What this task involves: In the data below, find the line containing "a host number.", then set down that line and every later line up to and including the line containing "else (RFC 3021).", exactly.

*** Opening of Exercise inputs ***

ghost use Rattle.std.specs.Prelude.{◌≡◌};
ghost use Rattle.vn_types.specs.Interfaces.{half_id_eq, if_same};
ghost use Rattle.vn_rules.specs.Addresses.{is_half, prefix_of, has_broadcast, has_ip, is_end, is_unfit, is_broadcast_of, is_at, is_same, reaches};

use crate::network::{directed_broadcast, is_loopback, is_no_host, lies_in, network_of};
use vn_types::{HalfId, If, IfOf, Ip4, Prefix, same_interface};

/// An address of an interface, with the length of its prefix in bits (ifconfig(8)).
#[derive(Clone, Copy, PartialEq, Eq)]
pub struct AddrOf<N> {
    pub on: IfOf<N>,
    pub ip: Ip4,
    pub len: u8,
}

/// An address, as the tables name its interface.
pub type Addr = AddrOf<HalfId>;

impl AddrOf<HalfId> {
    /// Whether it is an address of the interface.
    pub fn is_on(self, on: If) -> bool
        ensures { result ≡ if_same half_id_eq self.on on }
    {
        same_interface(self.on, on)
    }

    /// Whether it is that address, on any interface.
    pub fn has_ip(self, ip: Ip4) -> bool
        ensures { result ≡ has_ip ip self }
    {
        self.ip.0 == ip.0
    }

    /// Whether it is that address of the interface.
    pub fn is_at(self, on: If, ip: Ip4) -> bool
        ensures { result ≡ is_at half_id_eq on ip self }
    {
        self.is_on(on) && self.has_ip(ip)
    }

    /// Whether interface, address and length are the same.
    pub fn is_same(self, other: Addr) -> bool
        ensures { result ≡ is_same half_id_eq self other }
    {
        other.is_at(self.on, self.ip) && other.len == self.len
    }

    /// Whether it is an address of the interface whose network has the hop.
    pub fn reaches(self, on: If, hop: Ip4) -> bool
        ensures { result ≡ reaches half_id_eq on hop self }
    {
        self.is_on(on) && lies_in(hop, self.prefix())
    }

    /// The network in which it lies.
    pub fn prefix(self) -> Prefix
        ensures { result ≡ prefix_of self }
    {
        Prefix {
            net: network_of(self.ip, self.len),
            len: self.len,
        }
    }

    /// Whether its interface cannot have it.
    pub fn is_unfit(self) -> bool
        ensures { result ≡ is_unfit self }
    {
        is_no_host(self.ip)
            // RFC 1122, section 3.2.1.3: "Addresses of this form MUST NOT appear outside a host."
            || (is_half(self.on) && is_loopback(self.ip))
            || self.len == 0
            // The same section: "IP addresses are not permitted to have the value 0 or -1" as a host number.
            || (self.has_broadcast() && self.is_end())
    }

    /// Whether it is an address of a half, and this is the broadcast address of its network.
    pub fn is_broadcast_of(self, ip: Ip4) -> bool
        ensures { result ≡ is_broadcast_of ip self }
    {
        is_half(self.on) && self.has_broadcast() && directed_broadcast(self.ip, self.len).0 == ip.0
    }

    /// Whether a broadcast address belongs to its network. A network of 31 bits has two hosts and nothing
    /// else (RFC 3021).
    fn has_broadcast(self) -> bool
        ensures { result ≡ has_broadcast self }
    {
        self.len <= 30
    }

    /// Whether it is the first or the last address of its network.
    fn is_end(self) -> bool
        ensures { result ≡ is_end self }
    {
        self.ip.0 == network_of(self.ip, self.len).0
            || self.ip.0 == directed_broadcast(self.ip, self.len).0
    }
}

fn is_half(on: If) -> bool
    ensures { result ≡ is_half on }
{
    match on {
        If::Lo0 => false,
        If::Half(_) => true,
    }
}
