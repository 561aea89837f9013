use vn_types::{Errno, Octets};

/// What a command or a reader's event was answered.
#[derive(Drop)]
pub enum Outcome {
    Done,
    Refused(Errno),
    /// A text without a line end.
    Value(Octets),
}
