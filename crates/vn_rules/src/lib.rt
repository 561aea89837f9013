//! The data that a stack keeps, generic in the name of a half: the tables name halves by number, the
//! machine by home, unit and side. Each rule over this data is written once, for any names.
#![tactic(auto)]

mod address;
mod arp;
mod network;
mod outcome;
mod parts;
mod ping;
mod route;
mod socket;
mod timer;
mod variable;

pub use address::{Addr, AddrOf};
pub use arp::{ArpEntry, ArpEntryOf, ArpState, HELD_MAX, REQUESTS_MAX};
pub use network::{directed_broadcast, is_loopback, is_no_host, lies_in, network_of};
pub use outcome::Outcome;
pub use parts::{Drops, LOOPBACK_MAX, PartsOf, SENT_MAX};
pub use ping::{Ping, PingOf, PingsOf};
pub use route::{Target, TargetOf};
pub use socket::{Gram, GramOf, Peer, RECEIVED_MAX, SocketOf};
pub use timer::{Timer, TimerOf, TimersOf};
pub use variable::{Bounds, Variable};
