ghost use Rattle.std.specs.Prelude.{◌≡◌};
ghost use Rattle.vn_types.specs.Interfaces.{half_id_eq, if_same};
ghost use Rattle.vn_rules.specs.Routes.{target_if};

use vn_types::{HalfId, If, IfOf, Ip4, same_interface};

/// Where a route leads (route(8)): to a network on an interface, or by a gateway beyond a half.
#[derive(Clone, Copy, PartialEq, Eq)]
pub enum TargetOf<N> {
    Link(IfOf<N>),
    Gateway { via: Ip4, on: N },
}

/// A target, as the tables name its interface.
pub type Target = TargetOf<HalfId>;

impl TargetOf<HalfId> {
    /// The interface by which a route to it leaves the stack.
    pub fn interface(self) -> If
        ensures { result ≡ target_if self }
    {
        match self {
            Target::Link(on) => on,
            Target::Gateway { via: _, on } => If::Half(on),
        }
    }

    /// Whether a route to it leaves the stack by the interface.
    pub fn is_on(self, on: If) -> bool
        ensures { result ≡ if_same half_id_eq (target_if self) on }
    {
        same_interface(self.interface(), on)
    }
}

*** Close of Exercise inputs ***

Response:
            // The same section: "IP addresses are not permitted to have the value 0 or -1" as a host number.
            || (self.has_broadcast() && self.is_end())
    }

    /// Whether it is an address of a half, and this is the broadcast address of its network.
    pub fn is_broadcast_of(self, ip: Ip4) -> bool
        ensures { result ≡ is_broadcast_of ip self }
    {
        is_half(self.on) && self.has_broadcast() && directed_broadcast(self.ip, self.len).0 == ip.0
    }

    /// Whether a broadcast address belongs to its network. A network of 31 bits has two hosts and nothing
    /// else (RFC 3021).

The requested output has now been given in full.